Donald Trump et les républicains accusent l'Etat fédéral, aux mains des démocrates, d'avoir fait trop peu, trop tard, pour porter assistance aux sinistrés, ce que le président Joe Biden et sa vice-présidente Kamala Harris, candidate à la présidentielle du 5 novembre, contestent fermement.
Alors qu'un nouvel ouragan très puissant arrive sur la Floride, l'enjeu politique est crucial : la Caroline du Nord - comme la Géorgie voisine également touchée - fait partie de la poignée d'Etats décisifs dans lesquels se jouera ce scrutin très indécis.
Selon de nombreux rescapés interrogés par l'AFP en Caroline du Nord, ce sont avant tout des bénévoles qui sont venus en aide à titre individuel aux habitants face au manque d'accès à l'eau, à l'électricité, à la nourriture.
"Les locaux ont été géniaux", assure Janet Musselwhite. Quid des autorités, de l'Etat fédéral ? "C'est le gouvernement", lâche-t-elle. Comprendre : elle n'en attend rien, surtout s'il est démocrate.
A côté, son amie Randi nuance : "C'est quand même un peu tôt" pour fustiger les autorités.
Est-ce à cause des critiques des républicains ou en raison d'un réel manque ? Toujours est-il que Joe Biden a ordonné, au fil de la semaine, le déploiement de 1.500 soldats supplémentaires pour assister la population.
Donald Trump avait accusé jeudi les démocrates d'avoir "volé l'argent" de l'agence fédérale de réponse aux catastrophes naturelles (Fema), "afin de pouvoir le donner à leurs immigrés illégaux".
La porte-parole de la Maison Blanche a fustigé lundi les "escrocs" et les "personnes qui font passer la politique avant les gens" en faisant circuler des "informations erronées" sur l'aide fédérale.
"Cela doit cesser immédiatement", a exhorté Karine Jean-Pierre. La Maison Blanche rappelle que près de 7.000 employés fédéraux sont sur le terrain et que 210 millions de dollars d'aide ont déjà été distribués.
Dans les zones rurales dévastées de Caroline du Nord, plutôt républicaines, ces allégations font mouche car elles font écho à des difficultés bien réelles d'accès à l'aide fédérale.
A Swannanoa, Shelby Holzhauser voudrait réclamer une allocation d'urgence pour compenser sa perte de salaire, la garderie où elle travaille ayant été endommagée.

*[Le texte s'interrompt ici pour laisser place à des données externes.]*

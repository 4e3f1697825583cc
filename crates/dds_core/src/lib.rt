//! The nodes of the cluster as plain states: what each call, order and letter does to a brick and to a library.
#![tactic(auto)]

pub mod brick;
pub mod library;
pub mod notice;
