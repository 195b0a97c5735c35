//! The definition that is open, and what is added to it.
//! Rule: LANGUAGE, Definitions and structures.
ghost use Rattle.std.specs.Prelude.{◌≤◌, ◌<◌, IfErr, OnOk, length};
ghost use Rattle.cell_machine.specs.Layout.{most_tokens};
ghost use Rattle.compiler.specs.Definition.{add_literal, add_text, add_word};
ghost use Rattle.compiler.specs.Promise.{kind_of, fault_of as compile_fault};
ghost use Rattle.lexicon.specs.Language.{Language, beginning, changing, ending, dropped};
ghost use Rattle.lexicon.specs.Stands.{Stands, IsSound};
ghost use Rattle.lexicon.specs.Promise.{fault_of, Becomes, Goes, Stops};
ghost use Rattle.lexicon.specs.Structures.{adding};

use crate::language::{Lexicon, LexiconRefusal, Token};
use crate::structure;
use compiler::{CompileRefusal, TextKind};
use dictionary::Kind;
use system_words::words::Structure;

impl Lexicon {
    /// `:` begins a definition of this name, and makes the compilation vocabulary the first one. Refused as any new
    /// word, though `;` alone adds it.
    /// Rule: Forth-83 Standard, :.
    pub fn begin(&mut self, name: &[u8]) -> Result<(), LexiconRefusal>
        requires { IsSound self.old }
        ensures begun { OnOk result (Goes self.old self.new (beginning name.now)) }
        ensures refused { IfErr result (λ e. Stops self.old self.new (beginning name.now) (fault_of e)) }
    {
        // Name and room are looked at now, though `;` adds the word.
        match self.check_new(name) {
            Ok(()) => {
                // None is open, as the check found.
                let _ = self.compiler.begin(name);
                self.begun_at = self.here;
                self.dictionary.set_context(self.dictionary.current());
                Ok(())
            }
            Err(refusal) => Err(refusal),
        }
    }

    /// `;` ends the definition with 1 cell, and adds its word. `NoDefinition` where none is open, then `Unbalanced`
    /// where a structure is open or a mark of `COMPILE` waits for its word, then `CodeFull` where no cell is left.
    /// Rule: Forth-83 Standard, ;.
    pub fn finish(&mut self) -> Result<(), CompileRefusal>
        requires { IsSound self.old }
        ensures ended { OnOk result (Goes self.old self.new ending) }
        ensures refused { IfErr result (λ e. Stops self.old self.new ending (compile_fault e)) }
    {
        match self.compiler.finish(&mut self.code) {
            Ok(place) => {
                // `:` looked at the name, and no word was added since.
                let _ = self
                    .dictionary
                    .add(self.compiler.name(), Kind::Colon(place), self.begun_at);
                Ok(())
            }
            Err(refusal) => Err(refusal),
        }
    }

    /// Drops the open definition, if there is one.
    /// Rule: LANGUAGE, Lines and replies.
    pub fn abandon(&mut self)
        ensures { (x : Language) → Stands self.old x → Becomes self.old self.new x (dropped x) }
    {
        self.compiler.abandon();
    }

    /// Adds a literal, which takes 2 cells, to the open definition. Refused as any addition: `Unbalanced` where a mark
    /// of `COMPILE` waits for its word.
    /// Rule: Forth-83 Standard, LITERAL.
    pub fn literal(&mut self, cell: u16) -> Result<(), CompileRefusal>
        requires { IsSound self.old }
        ensures added { OnOk result (Goes self.old self.new (changing (λ used. add_literal used cell))) }
        ensures refused { IfErr result
            (λ e. Stops self.old self.new (changing (λ used. add_literal used cell)) (compile_fault e)) }
    {
        self.compiler.literal(&mut self.code, cell)
    }

    /// Adds a word, with a token of 1 to 4,096, which takes 1 cell, to the open definition, or after `COMPILE` one that
    /// the body adds when it runs. Refused as any addition: `Unbalanced` for an `EXIT` within a counted loop, but not
    /// after `COMPILE`.
    /// Rule: LANGUAGE, Definitions and structures; Forth-83 Standard, COMPILE.
    pub fn compile(&mut self, token: Token) -> Result<(), CompileRefusal>
        requires sound { IsSound self.old }
        requires from { 0 < token }
        requires most { token ≤ most_tokens }
        ensures added { OnOk result (Goes self.old self.new (changing (λ used. add_word used token))) }
        ensures refused { IfErr result (λ e. Stops self.old self.new (changing (λ used. add_word used token)) (compile_fault e)) }
    {
        self.compiler.call(&mut self.code, token)
    }

    /// Adds a text of at most 1,024 bytes to the open definition. Refused as any addition: `Unbalanced` where a mark of
    /// `COMPILE` waits for its word.
    /// Rule: Forth-83 Standard, ."; Forth-83 Standard, ABORT".
    pub fn add_text(&mut self, kind: TextKind, bytes: &[u8]) -> Result<(), CompileRefusal>
        requires sound { IsSound self.old }
        requires most { length bytes.now ≤ 1024 }
        ensures added { OnOk result (Goes self.old self.new (changing (λ used. add_text used (kind_of kind) bytes.now))) }
        ensures refused { IfErr result
            (λ e. Stops self.old self.new (changing (λ used. add_text used (kind_of kind) bytes.now)) (compile_fault e)) }
    {
        self.compiler.text(&mut self.code, kind, bytes)
    }

    /// Adds a structure word or `DOES>` to the open definition: it begins, goes on with or ends a structure, leaves a
    /// counted loop, or ends a part. Refused as any addition: `Unbalanced` where a mark of `COMPILE` waits for its
    /// word, where the innermost structure isn't one that the word goes on with or ends, for a `LEAVE` outside a
    /// counted loop, and for a `DOES>` while a structure is open. `CodeFull` is also the 257th structure.
    pub fn add_structure(&mut self, structure: Structure) -> Result<(), CompileRefusal>
        requires { IsSound self.old }
        ensures added { OnOk result (Goes self.old self.new (changing (adding structure))) }
        ensures refused { IfErr result (λ e. Stops self.old self.new (changing (adding structure)) (compile_fault e)) }
    {
        structure::add_to(&mut self.compiler, &mut self.code, structure)
    }
}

Mais la procédure "est entièrement en ligne", ce qui, regrettait-elle dimanche, n'est pas facile avec un réseau encore très approximatif.
Elle évoquait aussi des informations trompeuses du milliardaire Elon Musk, allié de Trump : "De ce que j'ai entendu, la Fema ne laisse pas vraiment les gens venir aider". Si les autorités ont effectivement bloqué certaines petites routes, l'essentiel de la région demeure accessible.
Sur son stand improvisé de vétérinaires bénévoles, Audria Pace entend les rumeurs qui courent par le bouche à oreille et via les réseaux sociaux.
"Quelqu'un est allé jusqu'à affirmer que Biden avait fabriqué (cette catastrophe naturelle) pour tuer des électeurs de Trump", s'énerve-t-elle dans la poussière marron, souvenir persistant du cataclysme.
"C'est vraiment difficile", dit cette électrice démocrate, la voix cassée. "Si vous avez le temps de partager votre haine, vous avez donc du temps pour venir aider. Donc taisez-vous!", tonne Audrey.
Ces gens "n'ont aucune idée de ce qu'il se passe ici. Nous ramassons nos morts, nous soulageons nos peines", dit-elle. "Ça ne nous aide pas."